**WORK REQUEST**:
Two lines below mark the span: the one containing "mod blocks;" and the one containing "let mut words = env::args(&rt)?.skip(1);". Set down both, plus every line between, exactly as they stand, and nothing else.

○ ○ ○ ○ ○ ○ ○

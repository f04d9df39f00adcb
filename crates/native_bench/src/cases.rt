//! Reads cases, one a line: an instruction word in hexadecimal, which it prints with its instruction and with that one's word, or
//! `none` for what there is not; or `reads BLOCKS READS`, whose reads it does.

use crate::{number, reads};
use rv_decode::{decode, encode};
use std::io::{self, BufRead, BufReader};

pub fn print_all(rt: &(impl Print + Input + AllocGlobal)) -> anyhow::Result<()> {
    for line in BufReader::new(rt.alloc(), rt.reader())?.lines(rt.alloc()) {
        let line = line?;
        let words: Vec<&str> = line.split_whitespace().collect(rt.alloc())?;
        match *words {
            ["reads", blocks, reads] => reads::print(rt, number(blocks)?, number(reads)?)?,
            _ => print_line(rt, line.as_str())?,
        }
    }
    Ok(())
}

fn print_line(rt: &impl Print, line: &str) -> io::Result<()> {
    match u32::from_str_radix(line, 16) {
        Ok(word) => print_word(rt, word),
        Err(_) => println!(rt; "no word: {line}"),
    }
}

fn print_word(rt: &impl Print, word: u32) -> io::Result<()> {
    let Some(instr) = decode(word) else {
        return println!(rt; "{word:08x} none");
    };
    match encode(&instr) {
        Some(again) => println!(rt; "{word:08x} {instr:?} {again:08x}"),
        None => println!(rt; "{word:08x} {instr:?} none"),
    }
}
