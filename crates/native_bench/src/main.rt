//! What checks and timings run of the native crates. Without words it reads cases; else the first word says what it does. It
//! prints results alone, the same at each call: `bench/native` measures how long it takes.
#![tactic(auto)]

mod blocks;
mod cases;
mod reads;
mod rights;
mod steps;

use anyhow::{Context, bail};
use blocks::Order;
use std::env;

fn main(rt: HostRuntime) -> anyhow::Result<()> {
    let mut words = env::args(&rt)?.skip(1);
    let Some(mode) = words.next() else {
        return cases::print_all(&rt);
    };
    match mode.as_str() {
        "steps" => steps::print(&rt),
        "reads" => reads::print(&rt, number_in(words.next())?, number_in(words.next())?),
        "blocks" => blocks::print(&rt, order(words.next())?),
        _ => bail!("no such mode"),
    }
}

fn number_in(word: Option<String>) -> anyhow::Result<u64> {
    number(word.context("a number is missing")?.as_str())
}

fn number(word: &str) -> anyhow::Result<u64> {
    Ok(word.parse::<u64>()?)
}

fn order(word: Option<String>) -> anyhow::Result<Order> {
    let word = word.context("an order is missing")?;
    Order::named(word.as_str()).context("no such order")
}
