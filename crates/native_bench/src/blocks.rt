//! Many blocks, placed and ended.

use native_memory::{DATA_RIGHTS, Kind, Memory};
use std::alloc::Global;

const BLOCKS: u64 = 200_000;

/// Those of Knuth's generator of numbers by chance.
const MULTIPLIER: u64 = 6_364_136_223_846_793_005;

const INCREMENT: u64 = 1_442_695_040_888_963_407;

/// The order in which blocks end, by their age.
#[derive(Clone, Copy)]
pub enum Order {
    OldestFirst,
    NewestFirst,
    Shuffled,
}

impl Order {
    /// The order that a word names.
    pub fn named(word: &str) -> Option<Order> {
        match word {
            "age" => Some(Order::OldestFirst),
            "reverse" => Some(Order::NewestFirst),
            "random" => Some(Order::Shuffled),
            _ => None,
        }
    }
}

/// Prints how many blocks were ended, and how many bytes live then.
pub fn print(rt: &(impl Print + AllocGlobal), order: Order) -> anyhow::Result<()> {
    let mut memory = Memory::new(rt.alloc(), BLOCKS);
    let mut bases = placed(rt.alloc(), &mut memory)?;
    match order {
        Order::OldestFirst => {}
        Order::NewestFirst => bases.reverse(),
        Order::Shuffled => shuffle(&mut bases),
    }
    let ended = count_of_ended(&mut memory, &bases);
    println!(rt; "{ended} ended, {} bytes live", memory.live())?;
    Ok(())
}

/// Places blocks of one byte, and gives their bases.
fn placed(alloc: Global, memory: &mut Memory) -> anyhow::Result<Vec<u64>> {
    let mut bases = Vec::new(alloc);
    for _ in 0..BLOCKS {
        bases.push(memory.place(1, DATA_RIGHTS, Kind::Heap)?)?;
    }
    Ok(bases)
}

/// Puts them into an order that is the same at each call and looks as if by chance.
fn shuffle(bases: &mut [u64]) {
    let mut state = 1u64;
    for last in (1..bases.len()).rev() {
        state = state.wrapping_mul(MULTIPLIER).wrapping_add(INCREMENT);
        bases.swap(last, (state >> 33) as usize % (last + 1));
    }
}

fn count_of_ended(memory: &mut Memory, bases: &[u64]) -> usize {
    let mut ended = 0;
    for base in bases {
        if memory.end(*base) {
            ended += 1;
        }
    }
    ended
}
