// A list of at most N items in places of its own.
ghost use Rattle.std.specs.Prelude.{◌≡◌, ◌<◌, ◌≤◌, [], ◌∷◌, ◌++◌, length, take, nat_le};
ghost use Rattle.fixed.specs.Items.{items, most, last_of, Pushed};

// kept: no heap, and memory of a fixed size; the kit's own such list has a word for its length and is not Copy. And no
// ghost field says that the length fits: tried, it wants a Clone by hand and a file of its own, and spares one `min`.
//
// Every value means a list, `items`: what stands in the first `len` places, or in all of them if `len` is larger.
// So there is nothing for a caller to keep true. The places behind are filler.
#[derive(Clone, Copy, Debug)]
pub struct ArrayVec<T, const N: usize> {
    places: [T; N],
    len: u8,
}

impl<T: Copy, const N: usize> ArrayVec<T, N> {
    // The empty list. The filler is never read.
    pub fn new(filler: T) -> Self
        ensures { items result ≡ [] }
    {
        ArrayVec {
            places: [filler; N],
            len: 0,
        }
    }

    // How many items there are.
    pub fn len(&self) -> u8
        ensures value { result ≡ length (items self.now) }
        ensures bound { result ≤ most N }
    {
        self.as_slice().len() as u8
    }

    // Whether no place is left.
    pub fn is_full(&self) -> bool
        ensures { result ≡ nat_le (most N) (length (items self.now)) }
    {
        N.min(u8::MAX as usize) <= self.len() as usize
    }

    // The items, in their order.
    pub fn as_slice(&self) -> &[T]
        ensures value { result.now ≡ items self.now }
        ensures bound { length result.now ≤ most N }
    {
        front(&self.places[..], self.len as usize)
    }

    // The last item, where there is one.
    #[tactic(auto, using(crate::proofs::Lasts::last_read))]
    pub fn last(&self) -> Option<T>
        ensures { result ≡ last_of (items self.now) }
    {
        self.as_slice().last().copied()
    }

    // One item more, behind the others. Where there is no place left, the item comes back and the list stays.
    pub fn push(&mut self, item: T) -> Result<(), T>
        ensures { Pushed self.old item self.new result }
    {
        let at = self.len();
        if at as usize >= N.min(u8::MAX as usize) {
            return Err(item);
        }
        self.places[at as usize] = item;
        self.len = at + 1;
        Ok(())
    }

    // More items behind the others, as far as there are places.
    pub fn extend_from_slice(&mut self, more: &[T])
        ensures { items self.new ≡ take (most N) (items self.old ++ more.now) }
    {
        let len = self.len() as usize;
        let free = N.min(u8::MAX as usize) - self.len() as usize;
        let fitting = &more[..more.len().min(free)];
        let end = len + fitting.len();
        let places = &mut self.places[..];
        places[len..end].copy_from_slice(fitting);
        self.len = end as u8;
    }
}

// The empty list, its filler the items' own default.
impl<T: Copy + Default, const N: usize> Default for ArrayVec<T, N> {
    ghost is_default = { λ list. items list ≡ [] };

    fn default() -> Self {
        ArrayVec::new(T::default())
    }
}

// The first `len` items, or all if there are fewer.
fn front<T>(all: &[T], len: usize) -> &[T]
    ensures value { result.now ≡ take len all.now }
    ensures bound { (length result.now ≤ len) × (length result.now ≤ length all.now) }
{
    &all[..all.len().min(len)]
}
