// Containers of fixed room: nothing here asks for a heap.
#![tactic(auto)]

pub mod array_vec;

○ ○ ○ ○ ○ ○ ○

**COMPLETED TASK**:
mod blocks;
mod cases;
mod reads;
mod rights;
mod steps;

use anyhow::{Context, bail};
use blocks::Order;
use std::env;

fn main(rt: HostRuntime) -> anyhow::Result<()> {
    let mut words = env::args(&rt)?.skip(1);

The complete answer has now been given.